York IE CEO Kyle York joined Finside Chats to talk about the New England startup scene, the profitability of FinTech startups, co-founder relationships and more.

About Finside Chats

Finside Chats, hosted by Stavvy co-founders Josh Feinblum and Kosta Ligris, features interviews with top thought leaders on the most important and complex topics related to FinTech, startups and mortgage lending. Subscribe: Spotify

Key Takeaways

FinTech startup potential

“What I love about the FinTech sector is that clearly there’s software to disrupt financial markets and bring financial software to markets. But there’s also the ‘SaaS-plus’ transaction fees and the ‘SaaS-plus’ trend that’s happening with the Stripes and the Shopifys, the Squares: where you’re building in economics, either on the [return on investment] side or on the money-making, take-a-fee side. That’s on top of platform fees and recurring revenue fees.”

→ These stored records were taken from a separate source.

//! Covers cut into fewer pieces.
//!
//! A box on which a condition is refuted that the cover names anyway needs no cut. Where the first
//! part of a cut is a leaf, the cut moves as far as the leaf's condition stays refuted; parts that
//! are empty then fall away.

ghost use Rattle.std.specs.Prelude.{◌≤◌, length};

use crate::reach::{far, near};
use crate::recalled::{Found, Recalled};
use crate::refuted_boxes::{Others, RefutedBoxes, lies_within, widest_within};
use derivation::{Event, Log, Recorder, Side};
use geo_base::{KBox, MAX_DIMS};
use geo_conditions::{Cond, ObjId, State, fits, refuted_at};
use std::alloc::{AllocError, Global};

/// How many conditions of a cover are tried on its parts.
const MOST_TRIED: usize = 12;

/// The object whose boxes are covered, and its place, in events that are read.
#[derive(Clone, Copy)]
pub struct Swept<'a, const K: usize> {
    pub conditions: &'a [Cond],
    pub events: &'a [Event],
    pub state: &'a State<K>,
    /// For each object the version of what is left to it.
    pub versions: &'a [u64],
    pub object: ObjId,
    pub place: u8,
}

/// A condition that is tried on the parts of a cover.
#[derive(Clone, Copy)]
struct Tried<const K: usize> {
    number: u32,
    boxes: RefutedBoxes<K>,
}

impl<'a, const K: usize> Swept<'a, K> {
    // The condition of this number, where there is one.
    fn condition(&self, i: u32) -> Option<&'a Cond> {
        if i == 0 {
            return None;
        }
        self.conditions.get((i - 1) as usize)
    }

    // What is found of the condition of this number.
    fn find(&self, number: u32) -> Found<K>
        requires { K ≤ MAX_DIMS }
    {
        let (boxes, others) = match self.condition(number) {
            Some(c) if (self.object.0 as usize) < self.state.objects() => {
                RefutedBoxes::of(c, self.state, self.object, self.place)
            }
            _ => (RefutedBoxes::Never, Others::None),
        };
        Found {
            number,
            object: self.object,
            place: self.place,
            others,
            version: 0,
            boxes,
        }
    }

    // Asks whether there is a condition of this number, and it is refuted with the object in the
    // box.
    fn ask(&self, i: u32, b: &KBox<K>) -> bool
        requires { K ≤ MAX_DIMS }
    {
        match self.condition(i) {
            Some(c) if (self.object.0 as usize) < self.state.objects() => {
                fits(c, self.state) && refuted_at(c, self.state, self.object, self.place, b)
            }
            _ => false,
        }
    }

    // Whether the condition is refuted with the object in the box.
    fn is_refuted(&self, tried: &Tried<K>, b: &KBox<K>) -> bool
        requires { K ≤ MAX_DIMS }
    {
        match &tried.boxes {
            RefutedBoxes::Never => false,
            RefutedBoxes::Within(outer) => lies_within(b, outer),
            RefutedBoxes::Asked => self.ask(tried.number, b),
        }
    }

    // A side as far from `side` towards the end of the box as bisection finds one on which the
    // condition of this number is refuted. It is taken to be refuted on `side`, and not on the whole.
    fn farthest(&self, number: u32, b: &KBox<K>, side: Side) -> Side
        requires { K ≤ MAX_DIMS }
    {
        let mut good = side;
        let mut bad = match side {
            Side::Upto(d, _) if (d as usize) < K => b.hi.get(d as usize),
            Side::From(d, _) if (d as usize) < K => b.lo.get(d as usize),
            _ => return side,
        };
        for _ in 0..64 {
            match between(good, bad) {
                None => return good,
                Some(middle) => {
                    if self.ask(number, &near(b, middle)) {
                        good = middle;
                    } else {
                        bad = number_of(middle);
                    }
                }
            }
        }
        good
    }

    // The farthest side at which the condition is still refuted on the first part.
    fn widest(&self, tried: &Tried<K>, b: &KBox<K>, side: Side) -> Side
        requires { K ≤ MAX_DIMS }
    {
        match &tried.boxes {
            RefutedBoxes::Never => side,
            RefutedBoxes::Within(outer) => widest_within(outer, b, side),
            RefutedBoxes::Asked => self.farthest(tried.number, b, side),
        }
    }
}

fn number_of(side: Side) -> i64 {
    match side {
        Side::Upto(_, v) => v,
        Side::From(_, v) => v,
    }
}

// The side in the middle between a side and the number `bad`, where another number is left between
// them.
fn between(good: Side, bad: i64) -> Option<Side> {
    match good {
        Side::Upto(d, v) => {
            let gap = bad.saturating_sub(v);
            (gap > 1).then_some(Side::Upto(d, v.saturating_add(gap / 2)))
        }
        Side::From(d, v) => {
            let gap = v.saturating_sub(bad);
            (gap > 1).then_some(Side::From(d, v.saturating_sub(gap / 2)))
        }
    }
}

// The side that a cut of a cover keeps in its first part.
fn side_of(e: Event) -> Option<Side> {
    match e {
        Event::Cut(d, v) => Some(Side::Upto(d, v)),
        Event::CutFrom(d, v) => Some(Side::From(d, v)),
        _ => None,
    }
}

// Writes the first leaf of a cover.
fn write_leaf(cover: &[Event], out: &mut Log) -> Result<(), AllocError> {
    for e in cover {
        if let Event::By(_) = e {
            return out.add(*e);
        }
    }
    Ok(())
}

/// How many of the events are the first cover.
pub fn cover_len(events: &[Event]) -> usize
    ensures { result ≤ length events.now }
{
    let mut wanted: usize = 1;
    for (at, e) in events.iter().enumerate() {
        match e {
            Event::By(_) => wanted = wanted.saturating_sub(1),
            Event::Cut(_, _) | Event::CutFrom(_, _) => wanted = wanted.saturating_add(1),
            _ => return at,
        }
        if wanted == 0 {
            return at + 1;
        }
    }
    events.len()
}

/// The events from the index on.
pub fn events_from(events: &[Event], at: usize) -> &[Event] {
    &events[at.min(events.len())..]
}

/// What makes covers simpler, with room that it uses again.
pub struct Coverer<const K: usize> {
    /// The boxes that are still to be covered, the next one last.
    boxes: Vec<KBox<K>>,
    /// Conditions that the cover names.
    tried: Vec<Tried<K>>,
    recalled: Recalled<K>,
}

impl<const K: usize> Drop for Coverer<K> {
    fn drop(self) {
        let Coverer {
            boxes: _boxes,
            tried: _tried,
            recalled: _recalled,
        } = self;
    }
}

impl<const K: usize> Coverer<K> {
    /// What makes covers by so many conditions simpler.
    pub fn start(alloc: Global, conditions: usize) -> Result<Coverer<K>, AllocError> {
        Ok(Coverer {
            recalled: Recalled::start(alloc, conditions)?,
            boxes: Vec::new(alloc),
            tried: Vec::new(alloc),
        })
    }

    // The boxes on which the condition of this number is refuted. What is found is kept.
    fn boxes_of(&mut self, swept: &Swept<K>, number: u32) -> RefutedBoxes<K>
        requires { K ≤ MAX_DIMS }
    {
        let (object, place) = (swept.object, swept.place);
        if let Some(boxes) = self.recalled.get(number, object, place, swept.versions) {
            return boxes;
        }
        let found = swept.find(number);
        let boxes = found.boxes;
        self.recalled.keep(found, swept.versions);
        boxes
    }

    // Whether the condition of this number is tried.
    fn is_tried(&self, number: u32) -> bool {
        for tried in self.tried.as_slice() {
            if tried.number == number {
                return true;
            }
        }
        false
    }

    // Notes a condition that the cover names, where there is room.
    fn note(&mut self, swept: &Swept<K>, number: u32) -> Result<(), AllocError>
        requires { K ≤ MAX_DIMS }
    {
        if self.tried.len() < MOST_TRIED && !self.is_tried(number) {
            let boxes = self.boxes_of(swept, number);
            self.tried.push(Tried { number, boxes })?;
        }
        Ok(())
    }

    // Notes the first conditions that the cover at the index names. It gives the index behind the
    // cover.
    fn gather(&mut self, swept: &Swept<K>, from: usize) -> Result<usize, AllocError>
        requires { K ≤ MAX_DIMS }
    {
        self.tried.clear();
        let events = swept.events;
        let mut wanted: usize = 1;
        for at in from..events.len() {
            match events[at] {
                Event::By(i) => {
                    self.note(swept, i)?;
                    wanted = wanted.saturating_sub(1);
                }
                Event::Cut(_, _) | Event::CutFrom(_, _) => wanted = wanted.saturating_add(1),
                _ => return Ok(at),
            }
            if wanted == 0 {
                return Ok(at + 1);
            }
        }
        Ok(events.len())
    }

    // One of these conditions that covers the whole box alone.
    fn whole(&self, swept: &Swept<K>, b: &KBox<K>) -> Option<u32>
        requires { K ≤ MAX_DIMS }
    {
        for tried in self.tried.as_slice() {
            if swept.is_refuted(tried, b) {
                return Some(tried.number);
            }
        }
        None
    }

    // The farthest side at which the condition of this number is still refuted on the first part.
    fn widest_of(&self, swept: &Swept<K>, number: u32, b: &KBox<K>, side: Side) -> Side
        requires { K ≤ MAX_DIMS }
    {
        for tried in self.tried.as_slice() {
            if tried.number == number {
                return swept.widest(tried, b, side);
            }
        }
        swept.farthest(number, b, side)
    }

    // A cut of a box that has points. It says how many of the events are done with.
    fn cut(
        &mut self,
        swept: &Swept<K>,
        cover: &[Event],
        side: Side,
        b: &KBox<K>,
        out: &mut Log,
    ) -> Result<usize, AllocError>
        requires { K ≤ MAX_DIMS }
    {
        if let Some(i) = self.whole(swept, b) {
            out.add(Event::By(i))?;
            return Ok(cover_len(cover));
        }
        let side = match cover.get(1) {
            Some(Event::By(i)) => self.widest_of(swept, *i, b, side),
            _ => side,
        };
        let (first, second) = (near(b, side), far(b, side));
        if !first.is_empty() && !second.is_empty() {
            out.add(side.cut())?;
        }
        self.boxes.push(second)?;
        self.boxes.push(first)?;
        Ok(1)
    }

    // The first event of what is left of a cover. It says how many events are done with.
    fn piece(
        &mut self,
        swept: &Swept<K>,
        cover: &[Event],
        e: Event,
        out: &mut Log,
    ) -> Result<usize, AllocError>
        requires { K ≤ MAX_DIMS }
    {
        let Some(b) = self.boxes.pop() else {
            return Ok(1);
        };
        if b.is_empty() {
            return Ok(cover_len(cover));
        }
        if let Some(side) = side_of(e) {
            return self.cut(swept, cover, side, &b, out);
        }
        out.add(e)?;
        Ok(1)
    }

    // Writes a simpler cover of a box that has points. It gives the index behind the old one.
    fn pieces(
        &mut self,
        swept: &Swept<K>,
        from: usize,
        b: &KBox<K>,
        out: &mut Log,
    ) -> Result<usize, AllocError>
        requires { K ≤ MAX_DIMS }
    {
        let end = self.gather(swept, from)?;
        self.boxes.clear();
        self.boxes.push(*b)?;
        let mut next = from;
        for _ in from..end {
            let cover = events_from(swept.events, next);
            if next >= end || cover.is_empty() {
                return Ok(end);
            }
            let done = self.piece(swept, cover, cover[0], out)?;
            next = next.saturating_add(done);
        }
        Ok(end)
    }

    /// Writes a simpler cover of the box in the place of the one at the index. It gives the index
    /// behind that one. A leaf stays as it is, and where the box has no points, the first leaf
    /// stands for all.
    pub fn simplify(
        &mut self,
        swept: &Swept<K>,
        from: usize,
        b: &KBox<K>,
        out: &mut Log,
    ) -> Result<usize, AllocError>
        requires { K ≤ MAX_DIMS }
    {
        match swept.events.get(from) {
            Some(Event::By(i)) => {
                out.add(Event::By(*i))?;
                Ok(from.saturating_add(1))
            }
            _ if b.is_empty() => {
                let rest = events_from(swept.events, from);
                let n = cover_len(rest);
                write_leaf(&rest[..n], out)?;
                Ok(from.saturating_add(n))
            }
            _ => self.pieces(swept, from, b, out),
        }
    }
}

Being accessible as a founder

“For founders — especially when you raise a lot of money, when you grow, when you get invited to speak on podcasts — I think you forget that as your team grows, people think you’re inaccessible, even if you don’t think you’re inaccessible. You have to manufacture those environments to make it clear that you are and you’re willing to listen.”

Startup hubs

“Everybody is a little bit too parochial about Silicon Valley vs. New York vs. Boston vs. Miami vs. Austin. I built my startup to $100 million annual recurring revenue in New Hampshire and sold it to Oracle. I actually think you can build great companies in FinTech, in infrastructure, in consumer, in marketplace anywhere you wish.”

Co-founder relationships

“You need alignment on vision, mission, core values, aspirations for the company, what type of company you want to build and your commitment to it. Those are a lot of things, honestly, that especially technical founders don’t talk about. They don’t align on them. That’s why you see so many breakups and so many buyouts and so many fledgling early-stage companies — because they’re bad at talking about it. That’s the soft stuff, but it’s the most important.”